Another limitation exists with respect to the relatively high attrition rate at nine-months follow up. Only around half of those who had completed the baseline questionnaire and were enrolled to the study also completed the last follow-up questionnaire. Nevertheless, the study results can be assumed to be robust as neither randomization group, nor baseline costs, sex, age, educational status or family status were significantly associated with dropout status. Attrition rates at post treatment and at three-months follow-up are in line with previous trials of this intervention [43,44,45,46].

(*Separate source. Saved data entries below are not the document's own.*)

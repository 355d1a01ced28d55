// The calls on a piece, one after the other, and what they tell.
ghost use Rattle.std.specs.Prelude.{◌≡◌};
ghost use Rattle.cmd_lines.specs.Piece.{Turns, done, Plays};

use crate::calls::{Run, over};
use crate::told::{put_told, put_words};
use console::output::Out;
use files::system::Sink;
use tool_lines::line::Outcome;

// What is asked for: the clocks from poll to poll, and whether the noise of lines is.
#[derive(Clone, Copy)]
pub struct Wanted {
    pub period: u32,
    pub noise: bool,
}

// Where a run stands after a piece, the output of lines, and that of words.
#[derive(Clone, Copy)]
pub struct Went {
    pub run: Run,
    pub lines: Out,
    pub words: Out,
}

// One call, and what it tells.
fn turn(
    wanted: Wanted,
    to: &Sink,
    err: &Sink,
    w: Went,
    buf: &mut [u8],
    said: &mut [u8],
    bytes: &[u8],
    last: bool,
) -> Went
    ensures { Turns wanted bytes.now last w buf.old said.old result buf.new said.new }
{
    let before = w.run;
    let run = before.again(bytes, last, wanted.period);
    let told = run.told;
    let state = run.state;
    let line = state.line;
    let characters = line.characters;
    let noise = state.noise;
    let heard = noise.last;
    let lines = put_told(to, w.lines, buf, told, characters);
    let words = put_words(wanted.noise, err, w.words, said, told, heard);
    Went { run, lines, words }
}

// Whether a piece has no more to tell, or it could not be written.
fn done(told: Outcome, lines: Out, words: Out) -> bool
    ensures { result ≡ done told lines words }
{
    over(told) | (lines.failed | words.failed)
}

// Calls over and over, until a piece has no more to tell or a write failed.
// Ruled out: a line left out, written twice or out of order; a line handed over that was dropped; a drop that is not said.
#[tactic(auto, using(crate::proofs::Playing::starts, crate::proofs::Playing::onwards))]
pub fn play(
    wanted: Wanted,
    to: &Sink,
    err: &Sink,
    w: Went,
    buf: &mut [u8],
    said: &mut [u8],
    bytes: &[u8],
    last: bool,
) -> Went
    ensures { Plays wanted bytes.now last w buf.old said.old result buf.new said.new }
{
    let mut now = w;
    for _ in 0..u64::MAX {
        now = turn(wanted, to, err, now, buf, said, bytes, last);
        let run = now.run;
        let told = run.told;
        if done(told, now.lines, now.words) {
            return now;
        }
    }
    now
}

A final limitation that should be noted is the restricted transferability in terms of sociodemographic aspects. In comparison to the corresponding German general population, participants in our study had a higher educational level and women were overrepresented in the study. These findings are in line with previously published studies [47]. Thus, the higher proportion of women can be explained by a higher prevalence of depression in females. Furthermore, women are more likely to seek help than men. The higher educational level of participants within this trial could be explained by a higher demand for internet interventions by such people, which was shown for users of a web-based computer-tailored intervention promoting heart-healthy behaviors [48].

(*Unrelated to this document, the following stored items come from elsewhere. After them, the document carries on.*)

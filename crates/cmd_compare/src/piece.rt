// A piece of each of two logs, of whole answers but the last: what they add to the tally, and what follows them. The kind is that of the first byte,
// for every piece.
ghost use Rattle.std.specs.Prelude.{◌≡◌, true, ◌||◌};
ghost use Rattle.tool_compare.specs.Kind.{mixed};
ghost use Rattle.tool_compare.specs.Compare.{compared_as, in_numbers};
ghost use Rattle.cmd_compare.specs.Piece.{letter_of, kind_with, named, first_or_second, finished, ended, followed, pieced};

use crate::tally::{Tally, answers_in, tallied};
use files::pieces::counted;
use tool_compare::Compared;
use tool_compare::kinds::{first_other, kind_of, mixed, stride_of};

// One of the two logs.
#[derive(Clone, Copy)]
pub enum Log {
    First,
    Second,
}

impl From<Log> for u8 {
    ghost from_gives = { λ log letter. letter ≡ letter_of log };

    // Its letter, A or B.
    fn from(log: Log) -> u8 {
        match log {
            Log::First => b'A',
            Log::Second => b'B',
        }
    }
}

// An answer that does not begin with the logs' kind: which log's, its number and its place in bytes, what it begins with, and the kind.
#[derive(Clone, Copy)]
pub struct Other {
    pub log: Log,
    pub answer: u64,
    pub place: u64,
    pub byte: u8,
    pub kind: u8,
}

// What follows: more pieces; the end of both logs; a refusal; or a log that can't be read, or an output that can't be written.
#[derive(Clone, Copy)]
pub enum End {
    More,
    Done,
    Refused(u8),
    OtherKind(Other),
    NotRead(Log),
    NotWritten,
}

#[derive(Clone, Copy)]
pub struct Pieced {
    pub tally: Tally,
    pub count: u64,
    pub end: End,
}

// The first answer of a piece that does not begin with the kind, behind so many bytes of its log.
#[tactic(auto, unfolding(crate::specs::Piece::named))]
fn named(which: Log, kind: u8, before: u64, log: &[u8]) -> Other
    requires { mixed kind log.now ≡ true }
    ensures { result ≡ named which kind before log.now }
{
    let k = first_other(kind, log);
    let at = k * stride_of(kind);
    Other {
        log: which,
        answer: counted(answers_in(kind, before), k),
        place: counted(before, at),
        byte: log[at],
        kind,
    }
}

// That of the first log, or else of the second.
#[tactic(auto, unfolding(crate::specs::Piece::first_or_second))]
fn first_or_second(kind: u8, t: Tally, a: &[u8], b: &[u8]) -> Other
    requires { mixed kind a.now || mixed kind b.now ≡ true }
    ensures { result ≡ first_or_second kind t a.now b.now }
{
    if mixed(kind, a) {
        return named(Log::First, kind, t.first, a);
    }
    named(Log::Second, kind, t.second, b)
}

// The kind of the logs: that of the pieces before, or of the first.
// Ruled out: a kind of a later piece; the kind of the second log where the first has one.
pub fn kind_with(before: u8, a: &[u8], b: &[u8]) -> u8
    ensures { result ≡ kind_with before a.now b.now }
{
    if before == 0 { kind_of(a, b) } else { before }
}

// Past the last pieces. A log that is cut is refused at the ends of both, for 5 comes before 6.
fn finished(cut: bool) -> End
    ensures { result ≡ finished cut }
{
    if cut { End::Refused(6) } else { End::Done }
}

fn ended(over: bool, cut: bool) -> End
    ensures { result ≡ ended over cut }
{
    if over { finished(cut) } else { End::More }
}

// What the comparison of two pieces makes of the tally.
#[tactic(auto, unfolding(crate::specs::Piece::followed))]
fn followed(t: Tally, kind: u8, a: usize, b: usize, r: Compared) -> Pieced
    ensures { result ≡ followed t kind a b r }
{
    let next = tallied(t, kind, a, b, r);
    Pieced {
        tally: next,
        count: r.count,
        end: ended((a == 0) & (b == 0), next.cut),
    }
}

fn stopped(t: Tally, end: End) -> Pieced
    ensures { result ≡ record { tally = t; count = 0; end = end } }
{
    Pieced {
        tally: t,
        count: 0,
        end,
    }
}

// The next pieces of both logs, of a kind. The list has the answers that differ.
// Ruled out: a cut log refused before an answer of another kind is looked for; answers of a refused piece counted.
pub fn piece<'a>(t: Tally, kind: u8, a: &'a [u8], b: &'a [u8], list: &mut [u64]) -> Pieced
    ensures value { result ≡ pieced t kind a.now b.now (in_numbers (compared_as kind a.now b.now list.old)) }
    ensures list_after { list.new ≡ (compared_as kind a.now b.now list.old).list }
{
    let r = tool_compare::compare_numbers_as(kind, a, b, list);
    if r.refusal == 5 {
        return stopped(t, End::OtherKind(first_or_second(kind, t, a, b)));
    }
    if r.refusal == 7 {
        return stopped(t, End::Refused(7));
    }
    followed(t, kind, a.len(), b.len(), r)
}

Along with the limitations mentioned above, our study also benefits from some important strengths. First, this trial used health insurers’ administrative data to estimate direct health care costs. The majority of currently published studies evaluating different e-mental health interventions and calculating their cost-effectiveness have been based on patients’ self-reports. Even though patient self-report questionnaires are a common and approved method to obtain costing data, they suffer from limitations due to recall bias, especially if recall-periods are long. In consequence, results may have been distorted by over- or underreporting [49]. As different studies have demonstrated, administrative data and self-report data provide different estimates of health-related resource-use, and of resulting costs. Particularly among people with mental disorders the discrepancy can be large [50, 51]. Since health-insurers’ administrative data are not biased due to memory failure and are based on expenses incurred, high reliability of results can be assumed.

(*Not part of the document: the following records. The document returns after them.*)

// The differing answers of two pieces as text: a line for each field that differs.
ghost use Rattle.std.specs.Prelude.{◌≡◌, ◌*◌, ◌/◌, min, length, drop};
ghost use Rattle.answers.specs.Answer.{stride_of};
ghost use Rattle.answers.specs.Field.{in_their_order};
ghost use Rattle.text.specs.Log.{logged_at};
ghost use Rattle.console.specs.Output.{Gives};
ghost use Rattle.cmd_compare.specs.Lines.{differs, field_line, first_half, second_half, answer_lines, pair_lines, list_lines};

use answers::Field;
use console::output::{Out, put_line};
use files::pieces::counted;
use files::system::Sink;
use text::difference::difference_line;
use text::log::{Logged, logged_at};
use tool_compare::kinds::stride_of;

// Whether a sum of 1, 2, 4 and so on names a field.
fn differs(sum: u64, f: Field) -> bool
    ensures { result ≡ differs sum f }
{
    match f {
        Field::Kind => sum % 2 == 1,
        Field::Refusal => sum / 2 % 2 == 1,
        Field::Value => sum / 4 % 2 == 1,
        Field::Levels => sum / 8 % 2 == 1,
        Field::Mask => sum / 16 % 2 == 1,
        Field::Level => sum / 32 % 2 == 1,
        Field::Vector => sum / 64 % 2 == 1,
        Field::Clock => sum / 128 % 2 == 1,
    }
}

#[tactic(auto, using(console::proofs::Lines::given_if, console::proofs::Lines::given_not), unfolding(crate::specs::Lines::field_line))]
fn put_field(
    to: &Sink,
    out: Out,
    buf: &mut [u8],
    n: u64,
    sum: u64,
    f: Field,
    x: Logged,
    y: Logged,
) -> Out
    ensures { Gives out buf.old (field_line n sum x y f) result buf.new }
{
    if differs(sum, f) {
        return put_line(to, out, buf, difference_line(n, f, x, y));
    }
    out
}

#[tactic(auto, using(crate::proofs::Giving::four))]
fn put_first_half(
    to: &Sink,
    out: Out,
    buf: &mut [u8],
    n: u64,
    sum: u64,
    x: Logged,
    y: Logged,
) -> Out
    ensures { Gives out buf.old (answer_lines n sum x y first_half) result buf.new }
{
    let kind = put_field(to, out, buf, n, sum, Field::Kind, x, y);
    let refusal = put_field(to, kind, buf, n, sum, Field::Refusal, x, y);
    let value = put_field(to, refusal, buf, n, sum, Field::Value, x, y);
    put_field(to, value, buf, n, sum, Field::Levels, x, y)
}

#[tactic(auto, using(crate::proofs::Giving::four))]
fn put_second_half(
    to: &Sink,
    out: Out,
    buf: &mut [u8],
    n: u64,
    sum: u64,
    x: Logged,
    y: Logged,
) -> Out
    ensures { Gives out buf.old (answer_lines n sum x y second_half) result buf.new }
{
    let mask = put_field(to, out, buf, n, sum, Field::Mask, x, y);
    let level = put_field(to, mask, buf, n, sum, Field::Level, x, y);
    let vector = put_field(to, level, buf, n, sum, Field::Vector, x, y);
    put_field(to, vector, buf, n, sum, Field::Clock, x, y)
}

// Answer n, x in the first log and y in the second.
#[tactic(auto, using(crate::proofs::Giving::halves))]
fn put_answer(to: &Sink, out: Out, buf: &mut [u8], n: u64, sum: u64, x: Logged, y: Logged) -> Out
    ensures { Gives out buf.old (answer_lines n sum x y in_their_order) result buf.new }
{
    let half = put_first_half(to, out, buf, n, sum, x, y);
    put_second_half(to, half, buf, n, sum, x, y)
}

// Answer k of a piece of a kind; zeros where it is not there.
fn answer_of(kind: u8, log: &[u8], k: u64) -> Logged
    ensures { result ≡ logged_at (drop (k * stride_of kind) log.now) }
{
    let stride = stride_of(kind);
    let n = log.len() / stride;
    if k <= n as u64 {
        let at = k as usize * stride;
        return logged_at(&log[at..]);
    }
    logged_at(&log[..0])
}

// Answer k of two pieces, numbered on from the pieces' first.
fn put_pair(
    to: &Sink,
    out: Out,
    buf: &mut [u8],
    kind: u8,
    first: u64,
    a: &[u8],
    b: &[u8],
    k: u64,
    sum: u64,
) -> Out
    ensures { Gives out buf.old (pair_lines kind first a.now b.now k sum) result buf.new }
{
    let n = counted(first, k as usize);
    put_answer(
        to,
        out,
        buf,
        n,
        sum,
        answer_of(kind, a, k),
        answer_of(kind, b, k),
    )
}

// The answers that a list of so many names.
// Ruled out: a line left out, written twice or out of order; the answers of the two logs exchanged; a field that does not differ.
#[tactic(auto, using(crate::proofs::Giving::starts, crate::proofs::Giving::goes))]
pub fn put_list(
    to: &Sink,
    out: Out,
    buf: &mut [u8],
    kind: u8,
    first: u64,
    a: &[u8],
    b: &[u8],
    list: &[u64],
    count: u64,
) -> Out
    ensures { Gives out buf.old (list_lines kind first a.now b.now list.now (min count (length list.now / 2))) result buf.new }
{
    let n = (count as usize).min(list.len() / 2);
    let mut given = out;
    for i in 0..n {
        let at = 2 * i;
        given = put_pair(to, given, buf, kind, first, a, b, list[at], list[at + 1]);
    }
    given
}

In comparison to other recently published studies, this study also benefits from the large number of participants enrolled in the trial. To our knowledge, the present health economic evaluation is the largest published study, which was conducted alongside a randomized controlled trial focusing on costs and effects web-based treatment for depression [21]. Furthermore, our study profits from being specially powered to detect differences in costs. Hence, the power calculation for this trial was therefore based on expected savings in health care cost from the payer perspective, and not on an expected clinical outcome as in most other studies within this context.

Conclusion

This study underlines the potential of innovative e-mental-health programs in treating depressive disorders. The results suggest that the use of deprexis over a period of 12 weeks in comparison to care as usual leads to a significant reduction in costs of statutory health insurance with a simultaneous reduction of depressive symptoms, an increase in health-related quality of life and a decrease of impairment in functioning. From a health-economic perspective, the use of the program can be recommended, as cost-savings from the payer perspective are in line with the clinical benefits gained.